::: Data for this task :::
impl<'a> Reader<'a> {
    fn new(alloc: Global, text: &'a [u8], profile: Profile) -> Result<Reader<'a>, NoMemory>
        ensures { IfOk result (λ r. r ≡ tokens profile false text.now) }
    {
        let mut lexer = Lexer::new(text, profile, false);
        let next = lexer.next(alloc)?;
        Ok(Reader { lexer, next })
    }

    fn is_at_end(&self) -> bool
        ensures { IsTrue result ↔ (self.now ≡ []) }
    {
        self.next.is_none()
    }

    fn advance(&mut self, alloc: Global) -> Result<Option<Token>, NoMemory>
        ensures { IfOk result (λ token. MatchOption token ((self.old ≡ []) × (self.new ≡ []))
            (λ t. self.old ≡ t ∷ self.new)) }
    {
        let following = self.lexer.next(alloc)?;
        Ok(mem::replace(&mut self.next, following))
    }

    /// Passes over the next token.
    fn skip(&mut self, alloc: Global) -> Result<(), NoMemory>
        ensures { OnOk result (self.new ≡ drop 1 self.old) }
    {
        self.advance(alloc)?;
        Ok(())
    }

    fn open(&mut self, alloc: Global) -> Result<(), ExprFault>
        ensures { Passes after_open self.old result self.new }
    {
        match self.advance(alloc)? {
            Some(Token::Mark(Mark::Open)) => Ok(()),
            _ => Err(ExprFault::NotExpr),
        }
    }

    fn close(&mut self, alloc: Global) -> Result<(), ExprFault>
        ensures { Passes after_close self.old result self.new }
    {
        match self.advance(alloc)? {
            Some(Token::Mark(Mark::Close)) => Ok(()),
            _ => Err(ExprFault::NotExpr),
        }
    }

    fn close_square(&mut self, alloc: Global) -> Result<(), ExprFault>
        ensures { Passes after_close_square self.old result self.new }
    {
        match self.advance(alloc)? {
            Some(Token::Mark(Mark::CloseSquare)) => Ok(()),
            _ => Err(ExprFault::NotExpr),
        }
    }

    /// The operator that comes next, where its looseness lies between these, both included.
    fn operator(&self, closest: u8, loosest: u8) -> Option<Op>
        ensures { result ≡ operator_between closest loosest self.now }
    {
        match &self.next {
            Some(Token::Operator(op)) if closest <= looseness(*op) && looseness(*op) <= loosest =>
                Some(*op),
            _ => None,
        }
    }

    fn prefix(&self) -> Option<Prefix>
        ensures { result ≡ prefix_at self.now }
    {
        match &self.next {
            Some(Token::Mark(Mark::Not)) => Some(Prefix::Not),
            Some(Token::Operator(Op::Sub)) => Some(Prefix::Minus),
            _ => None,
        }
    }

    fn is_at(&self, mark: Mark) -> bool
        ensures { result ≡ is_at mark self.now }
    {
        match &self.next {
            Some(Token::Mark(next)) => *next == mark,
            _ => false,
        }
    }

    /// An expression, as far as it goes. Operands wait in a list for those behind their operators, so that brackets
    /// alone make the descent deeper.
    #[cycle(descend)]
    #[tactic(auto, using(crate::proofs::Rules::operators))]
    fn loose(&mut self, alloc: Global, room: u32) -> Result<Sub, ExprFault>
        ensures { ReadsExpr (loose_at room 6) self.old result self.new }
    {
        let mut waiting = Sequence::new(alloc);
        let mut operand = self.prefixed(alloc, room)?;
        let mut closest = CLOSEST;
        let mut loosest = LOOSEST;
        loop {
            if let Some(op) = self.operator(closest, loosest) {
                self.skip(alloc)?;
                waiting.push(Waiting {
                    left: operand,
                    op,
                    loosest,
                })?;
                operand = self.prefixed(alloc, room)?;
                closest = CLOSEST;
                loosest = looseness(op) - 1;
            } else if let Some(last) = waiting.pop() {
                operand = Sub::two(alloc, last.op, last.left, operand)?;
                closest = closest_behind(last.op);
                loosest = last.loosest;
            } else {
                return Ok(operand);
            }
        }
    }

    #[cycle(descend)]
    #[tactic(auto, using(crate::proofs::Rules::prefixes))]
    fn prefixed(&mut self, alloc: Global, room: u32) -> Result<Sub, ExprFault>
        ensures { ReadsExpr (prefixed (postfix (nat_lt 0 room) (inside room))) self.old result self.new }
    {
        let mut prefixes = Sequence::new(alloc);
        while let Some(prefix) = self.prefix() {
            self.skip(alloc)?;
            prefixes.push(prefix)?;
        }
        let mut operand = self.postfix(alloc, room)?;
        while let Some(prefix) = prefixes.pop() {
            operand = operand.with_prefix(alloc, prefix)?;
        }
        Ok(operand)
    }

    #[cycle(descend)]
    #[tactic(auto, using(crate::proofs::Rules::places))]
    fn postfix(&mut self, alloc: Global, room: u32) -> Result<Sub, ExprFault>
        ensures { ReadsExpr (postfix (nat_lt 0 room) (inside room)) self.old result self.new }
    {
        let mut list = self.primary(alloc, room)?;
        while self.is_at(Mark::OpenSquare) {
            self.skip(alloc)?;
            let place = self.inside(alloc, room)?;
            self.close_square(alloc)?;
            list = Sub::item(alloc, list, place)?;
        }
        Ok(list)
    }

    /// What stands in brackets, where one more may be opened.
    #[cycle(descend)]
    #[tactic(auto, using(crate::proofs::Rules::brackets))]
    fn inside(&mut self, alloc: Global, room: u32) -> Result<Sub, ExprFault>
        ensures { ReadsExpr (inside room) self.old result self.new }
    {
        if room == 0 {
            return Err(ExprFault::NotExpr);
        }
        self.loose(alloc, room - 1)
    }

    #[cycle(descend)]
    #[tactic(auto, using(crate::proofs::Rules::depths))]
    fn primary(&mut self, alloc: Global, room: u32) -> Result<Sub, ExprFault>
        ensures { ReadsExpr (primary (nat_lt 0 room) (inside room)) self.old result self.new }
    {
        match self.advance(alloc)? {
            Some(Token::Word(word)) => self.named(alloc, room, word),
            Some(Token::Number(number)) => Ok(Sub::leaf(alloc, Expr::Int(number))?),
            Some(Token::Text(text)) => Ok(Sub::leaf(alloc, Expr::Text(text))?),
            Some(Token::Mark(Mark::Open)) => {
                let whole = self.inside(alloc, room)?;
                self.close(alloc)?;
                Ok(whole)
            }
            Some(Token::Mark(Mark::OpenSquare)) => self.list(alloc, room),
            _ => Err(ExprFault::NotExpr),
        }
    }

    /// What a word begins. Not inlined, so that brackets without a word before them take less of the stack.
    #[inline(never)]
    #[cycle(descend)]
    #[tactic(auto, using(crate::proofs::Rules::depths))]
    fn named(&mut self, alloc: Global, room: u32, word: Bytes) -> Result<Sub, ExprFault>
        ensures { ReadsExpr (named (nat_lt 0 room) (inside room) word) self.old result self.new }
    {
        let name = word.slice();
        if is(name, b"true") {
            Ok(Sub::leaf(alloc, Expr::Bool(true))?)
        } else if is(name, b"false") {
            Ok(Sub::leaf(alloc, Expr::Bool(false))?)
        } else if is(name, b"In") {
            self.active(alloc, room)
        } else if is(name, b"len") {
            self.bracketed(alloc, room)?.len(alloc)
        } else if is(name, b"text") {
            self.bracketed(alloc, room)?.as_text(alloc)
        } else if is(name, b"_event") {
            self.field(alloc)
        } else {
            Ok(Sub::leaf(alloc, Expr::Datum(plain_name(alloc, &word)?))?)
        }
    }

    #[cycle(descend)]
    fn bracketed(&mut self, alloc: Global, room: u32) -> Result<Sub, ExprFault>
        ensures { ReadsExpr (bracketed (inside room)) self.old result self.new }
    {
        self.open(alloc)?;
        let whole = self.inside(alloc, room)?;
        self.close(alloc)?;
        Ok(whole)
    }

    /// The items of a list, behind its bracket.
    #[cycle(descend)]
    #[tactic(auto, using(crate::proofs::Rules::lists))]
    fn list(&mut self, alloc: Global, room: u32) -> Result<Sub, ExprFault>
        ensures { ReadsExpr (list_of (nat_lt 0 room) (inside room)) self.old result self.new }
    {
        if room == 0 {
            return Err(ExprFault::NotExpr);
        }
        let mut items = Sequence::new(alloc);
        if self.is_at(Mark::CloseSquare) {
            self.skip(alloc)?;
            return Ok(Sub::leaf(alloc, Expr::List(items))?);
        }
        let mut deepest = 0;
        loop {
            let item = self.inside(alloc, room)?;
            deepest = item.depth().max(deepest);
            items.push(item.into_expr())?;
            if !self.goes_on(alloc)? {
                return Sub::limited(alloc, Expr::List(items), deepest + 1);
            }
        }
    }

    /// Passes over what stands behind an item: true for a comma, false for the bracket that closes the list.
    fn goes_on(&mut self, alloc: Global) -> Result<bool, ExprFault>
        ensures comma { result ≡ Ok true → self.old ≡ Sign Comma ∷ self.new }
        ensures close { result ≡ Ok false → self.old ≡ Sign CloseSquare ∷ self.new }
        ensures refused { result ≡ Err ExprFault.NotExpr → is_unended self.old ≡ true }
    {
        match self.advance(alloc)? {
            Some(Token::Mark(Mark::Comma)) => Ok(true),
            Some(Token::Mark(Mark::CloseSquare)) => Ok(false),
            _ => Err(ExprFault::NotExpr),
        }
    }

    /// The state that is asked for, behind `In`.
    #[tactic(auto, using(crate::proofs::Rules::depths))]
    fn active(&mut self, alloc: Global, room: u32) -> Result<Sub, ExprFault>
        ensures { ReadsExpr (active (nat_lt 0 room)) self.old result self.new }
    {
        if room == 0 {
            return Err(ExprFault::NotExpr);
        }
        self.open(alloc)?;
        let id = self.state_id(alloc)?;
        self.close(alloc)?;
        Ok(Sub::leaf(alloc, Expr::Active(id))?)
    }

    fn state_id(&mut self, alloc: Global) -> Result<Bytes, ExprFault>
        ensures { Reads state_id self.old result self.new }
    {
        match self.advance(alloc)? {
            Some(Token::Text(text)) => Ok(text),
            Some(Token::Word(word)) if is_plain_name(word.slice()) => Ok(word),
            _ => Err(ExprFault::NotExpr),
        }
    }

    fn word(&mut self, alloc: Global) -> Result<Bytes, ExprFault>
        ensures { Reads word self.old result self.new }
    {
        match self.advance(alloc)? {
            Some(Token::Word(word)) => Ok(word),
            _ => Err(ExprFault::NotExpr),
        }
    }

    fn dot(&mut self, alloc: Global) -> Result<(), ExprFault>
        ensures { Passes after_dot self.old result self.new }
    {
        match self.advance(alloc)? {
            Some(Token::Mark(Mark::Dot)) => Ok(()),
            _ => Err(ExprFault::NotExpr),
        }
    }

    /// A field of the event, behind `_event`.
    #[tactic(auto, using(crate::proofs::Rules::depths))]
    fn field(&mut self, alloc: Global) -> Result<Sub, ExprFault>
        ensures { ReadsExpr event_field self.old result self.new }
    {
        self.dot(alloc)?;
        let word = self.word(alloc)?;
        if is(word.slice(), b"data") {
            return self.payload(alloc);
        }
        match field_of(word.slice()) {
            Some(field) => Ok(Sub::leaf(alloc, Expr::Field(field))?),
            None => Err(ExprFault::NotExpr),
        }
    }

    /// A part of the payload, or all of it, behind `_event.data`.
    #[tactic(auto, using(crate::proofs::Rules::depths))]
    fn payload(&mut self, alloc: Global) -> Result<Sub, ExprFault>
        ensures { ReadsExpr payload self.old result self.new }
    {
        if !self.is_at(Mark::Dot) {
            return Ok(Sub::leaf(alloc, Expr::Field(EventField::Payload))?);
        }
        self.skip(alloc)?;
        let word = self.word(alloc)?;
        let name = plain_name(alloc, &word)?;
        Ok(Sub::leaf(alloc, Expr::Field(EventField::PayloadOf(name)))?)
    }
}

fn is(a: &[u8], b: &[u8]) -> bool
    ensures { result ≡ bytes_eq a.now b.now }
{
    a == b
}

/// The field of the event that a word names, other than its payload.
fn field_of(word: &[u8]) -> Option<EventField>
    ensures { result ≡ field_of word.now }
{
    if is(b"name", word) {
        Some(EventField::Name)
    } else if is(b"type", word) {
        Some(EventField::Kind)
    } else if is(b"sendid", word) {
        Some(EventField::SendId)
    } else if is(b"origin", word) {
        Some(EventField::Origin)
    } else if is(b"origintype", word) {
        Some(EventField::OriginType)
    } else if is(b"invokeid", word) {
        Some(EventField::InvokeId)
    } else {
        None
    }
}

/// How loosely an operator binds: 2 binds closest.
fn looseness(op: Op) -> u8
    ensures value { result ≡ looseness op }
    ensures closest { 2 ≤ result }
    ensures loosest { result ≤ 6 }
{
    match op {
        Op::Or => 6,
        Op::And => 5,
        Op::Eq | Op::Ne | Op::Lt | Op::Le | Op::Gt | Op::Ge => 4,
        Op::Add | Op::Sub => 3,
        Op::Mul | Op::Div | Op::Rem => 2,
    }
}

fn repeats(op: Op) -> bool
    ensures { result ≡ repeats op }
{
    looseness(op) != 4
}

/// How close the operators may bind that come behind the operands of this one.
fn closest_behind(op: Op) -> u8
    ensures { result ≡ closest_behind op }
{
    if repeats(op) {
        looseness(op)
    } else {
        looseness(op) + 1
    }
}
:::
### What is expected
Please give again the lines above between the line holding "self.next.is_none()" and the line holding "fn prefix(&self) -> Option<Prefix>", inclusive, exactly as they are and with nothing added.

### Task solution
        self.next.is_none()
    }

    fn advance(&mut self, alloc: Global) -> Result<Option<Token>, NoMemory>
        ensures { IfOk result (λ token. MatchOption token ((self.old ≡ []) × (self.new ≡ []))
            (λ t. self.old ≡ t ∷ self.new)) }
    {
        let following = self.lexer.next(alloc)?;
        Ok(mem::replace(&mut self.next, following))
    }

    /// Passes over the next token.
    fn skip(&mut self, alloc: Global) -> Result<(), NoMemory>
        ensures { OnOk result (self.new ≡ drop 1 self.old) }
    {
        self.advance(alloc)?;
        Ok(())
    }

    fn open(&mut self, alloc: Global) -> Result<(), ExprFault>
        ensures { Passes after_open self.old result self.new }
    {
        match self.advance(alloc)? {
            Some(Token::Mark(Mark::Open)) => Ok(()),
            _ => Err(ExprFault::NotExpr),
        }
    }

    fn close(&mut self, alloc: Global) -> Result<(), ExprFault>
        ensures { Passes after_close self.old result self.new }
    {
        match self.advance(alloc)? {
            Some(Token::Mark(Mark::Close)) => Ok(()),
            _ => Err(ExprFault::NotExpr),
        }
    }

    fn close_square(&mut self, alloc: Global) -> Result<(), ExprFault>
        ensures { Passes after_close_square self.old result self.new }
    {
        match self.advance(alloc)? {
            Some(Token::Mark(Mark::CloseSquare)) => Ok(()),
            _ => Err(ExprFault::NotExpr),
        }
    }

    /// The operator that comes next, where its looseness lies between these, both included.
    fn operator(&self, closest: u8, loosest: u8) -> Option<Op>
        ensures { result ≡ operator_between closest loosest self.now }
    {
        match &self.next {
            Some(Token::Operator(op)) if closest <= looseness(*op) && looseness(*op) <= loosest =>
                Some(*op),
            _ => None,
        }
    }

    fn prefix(&self) -> Option<Prefix>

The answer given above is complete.